** Dataset content follows **
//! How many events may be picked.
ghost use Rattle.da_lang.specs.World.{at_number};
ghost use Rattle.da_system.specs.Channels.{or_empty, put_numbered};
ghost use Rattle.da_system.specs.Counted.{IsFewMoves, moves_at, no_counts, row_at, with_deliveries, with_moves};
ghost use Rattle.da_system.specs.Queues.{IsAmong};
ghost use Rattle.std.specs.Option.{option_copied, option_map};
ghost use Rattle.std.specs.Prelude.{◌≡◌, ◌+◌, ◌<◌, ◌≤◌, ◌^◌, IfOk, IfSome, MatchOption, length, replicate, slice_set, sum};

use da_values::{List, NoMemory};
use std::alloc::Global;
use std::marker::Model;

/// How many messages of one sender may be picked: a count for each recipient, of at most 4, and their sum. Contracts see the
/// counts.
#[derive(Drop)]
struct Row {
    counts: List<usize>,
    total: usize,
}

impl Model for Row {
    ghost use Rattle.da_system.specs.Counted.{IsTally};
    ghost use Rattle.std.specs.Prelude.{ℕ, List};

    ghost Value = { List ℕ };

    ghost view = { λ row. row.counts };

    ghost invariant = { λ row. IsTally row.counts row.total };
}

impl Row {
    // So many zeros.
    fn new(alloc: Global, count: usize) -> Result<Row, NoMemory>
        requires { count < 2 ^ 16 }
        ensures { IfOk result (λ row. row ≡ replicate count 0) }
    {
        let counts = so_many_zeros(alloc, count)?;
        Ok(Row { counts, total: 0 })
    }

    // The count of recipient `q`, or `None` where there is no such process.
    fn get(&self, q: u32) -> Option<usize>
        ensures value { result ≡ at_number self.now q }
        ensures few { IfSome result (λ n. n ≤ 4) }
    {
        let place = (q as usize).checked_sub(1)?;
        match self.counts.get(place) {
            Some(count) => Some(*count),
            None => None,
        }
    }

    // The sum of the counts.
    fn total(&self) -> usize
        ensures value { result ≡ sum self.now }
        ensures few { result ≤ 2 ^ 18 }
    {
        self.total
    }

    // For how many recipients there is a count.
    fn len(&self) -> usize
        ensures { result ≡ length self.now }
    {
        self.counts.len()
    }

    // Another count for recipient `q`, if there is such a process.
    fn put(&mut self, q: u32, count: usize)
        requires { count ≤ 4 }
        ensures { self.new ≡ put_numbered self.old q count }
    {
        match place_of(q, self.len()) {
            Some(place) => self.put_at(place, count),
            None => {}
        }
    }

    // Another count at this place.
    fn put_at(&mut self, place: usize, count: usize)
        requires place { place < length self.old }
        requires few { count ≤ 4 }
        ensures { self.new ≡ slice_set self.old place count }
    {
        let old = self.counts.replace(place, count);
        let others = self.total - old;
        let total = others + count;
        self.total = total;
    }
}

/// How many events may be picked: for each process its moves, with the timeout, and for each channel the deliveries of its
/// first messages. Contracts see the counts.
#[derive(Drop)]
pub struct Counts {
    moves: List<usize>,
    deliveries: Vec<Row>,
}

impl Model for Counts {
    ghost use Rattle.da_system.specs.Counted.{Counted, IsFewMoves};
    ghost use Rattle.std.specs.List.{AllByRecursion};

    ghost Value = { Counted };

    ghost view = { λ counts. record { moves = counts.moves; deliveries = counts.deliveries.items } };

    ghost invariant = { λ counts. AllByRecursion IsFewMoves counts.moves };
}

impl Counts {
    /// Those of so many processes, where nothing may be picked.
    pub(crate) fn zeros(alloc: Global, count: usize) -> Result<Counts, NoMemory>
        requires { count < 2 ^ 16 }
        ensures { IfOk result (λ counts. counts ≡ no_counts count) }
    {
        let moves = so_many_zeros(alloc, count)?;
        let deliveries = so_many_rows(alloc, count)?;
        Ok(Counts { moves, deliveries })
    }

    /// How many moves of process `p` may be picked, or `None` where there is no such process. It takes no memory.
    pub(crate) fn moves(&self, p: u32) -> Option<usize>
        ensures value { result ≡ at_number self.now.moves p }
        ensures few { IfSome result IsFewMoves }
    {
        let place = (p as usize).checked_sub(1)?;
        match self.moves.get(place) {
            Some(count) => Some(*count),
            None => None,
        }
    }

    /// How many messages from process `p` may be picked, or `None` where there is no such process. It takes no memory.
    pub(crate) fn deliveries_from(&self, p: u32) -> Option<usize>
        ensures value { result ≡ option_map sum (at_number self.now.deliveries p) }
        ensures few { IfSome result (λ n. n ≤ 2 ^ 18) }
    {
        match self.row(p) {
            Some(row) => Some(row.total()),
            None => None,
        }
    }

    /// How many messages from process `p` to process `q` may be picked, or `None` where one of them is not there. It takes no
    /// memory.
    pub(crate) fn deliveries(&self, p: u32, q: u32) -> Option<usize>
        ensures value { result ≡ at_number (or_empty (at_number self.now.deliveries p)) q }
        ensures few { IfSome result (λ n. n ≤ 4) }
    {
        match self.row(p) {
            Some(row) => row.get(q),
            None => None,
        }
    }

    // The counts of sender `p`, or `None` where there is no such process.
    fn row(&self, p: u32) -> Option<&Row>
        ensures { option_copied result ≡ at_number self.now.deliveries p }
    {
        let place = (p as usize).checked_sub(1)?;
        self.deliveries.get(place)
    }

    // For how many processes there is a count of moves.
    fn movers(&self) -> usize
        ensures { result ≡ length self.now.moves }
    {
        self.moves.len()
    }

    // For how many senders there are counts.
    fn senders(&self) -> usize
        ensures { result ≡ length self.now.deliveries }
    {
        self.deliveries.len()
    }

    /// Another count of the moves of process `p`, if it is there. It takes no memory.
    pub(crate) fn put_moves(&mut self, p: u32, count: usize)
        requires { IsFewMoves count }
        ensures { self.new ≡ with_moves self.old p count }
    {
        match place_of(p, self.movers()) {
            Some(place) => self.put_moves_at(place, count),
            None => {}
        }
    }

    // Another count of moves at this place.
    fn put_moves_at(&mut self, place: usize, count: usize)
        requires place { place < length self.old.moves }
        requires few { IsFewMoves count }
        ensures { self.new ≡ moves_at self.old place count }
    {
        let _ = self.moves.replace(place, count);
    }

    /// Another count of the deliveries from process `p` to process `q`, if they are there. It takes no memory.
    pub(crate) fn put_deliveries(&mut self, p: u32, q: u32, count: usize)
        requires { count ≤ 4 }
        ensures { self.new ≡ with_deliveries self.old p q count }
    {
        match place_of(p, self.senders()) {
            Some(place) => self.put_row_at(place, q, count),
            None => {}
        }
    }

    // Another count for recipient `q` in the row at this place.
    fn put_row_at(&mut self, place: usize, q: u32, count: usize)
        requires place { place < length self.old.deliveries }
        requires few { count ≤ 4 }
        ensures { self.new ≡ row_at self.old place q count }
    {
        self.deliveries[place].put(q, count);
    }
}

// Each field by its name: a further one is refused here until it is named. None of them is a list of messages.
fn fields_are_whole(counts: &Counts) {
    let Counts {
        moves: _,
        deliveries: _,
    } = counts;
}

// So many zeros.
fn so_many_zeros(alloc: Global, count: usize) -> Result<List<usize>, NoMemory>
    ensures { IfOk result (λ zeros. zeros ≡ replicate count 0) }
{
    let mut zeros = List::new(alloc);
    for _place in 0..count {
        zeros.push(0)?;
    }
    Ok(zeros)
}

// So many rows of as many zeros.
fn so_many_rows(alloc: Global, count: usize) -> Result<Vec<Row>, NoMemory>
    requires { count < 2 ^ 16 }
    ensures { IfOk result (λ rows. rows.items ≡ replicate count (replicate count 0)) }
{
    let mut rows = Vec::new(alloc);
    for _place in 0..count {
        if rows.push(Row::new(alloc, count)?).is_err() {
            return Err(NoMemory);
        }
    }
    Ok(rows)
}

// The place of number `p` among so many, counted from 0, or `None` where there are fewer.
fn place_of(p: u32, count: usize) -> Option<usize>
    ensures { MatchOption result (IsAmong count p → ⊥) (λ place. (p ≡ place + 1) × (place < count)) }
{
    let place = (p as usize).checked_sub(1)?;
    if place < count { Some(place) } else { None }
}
** End of Dataset content **
The task
Pull every line containing "Contracts" from the material above.

Answer for the task
/// How many messages of one sender may be picked: a count for each recipient, of at most 4, and their sum. Contracts see the
/// first messages. Contracts see the counts.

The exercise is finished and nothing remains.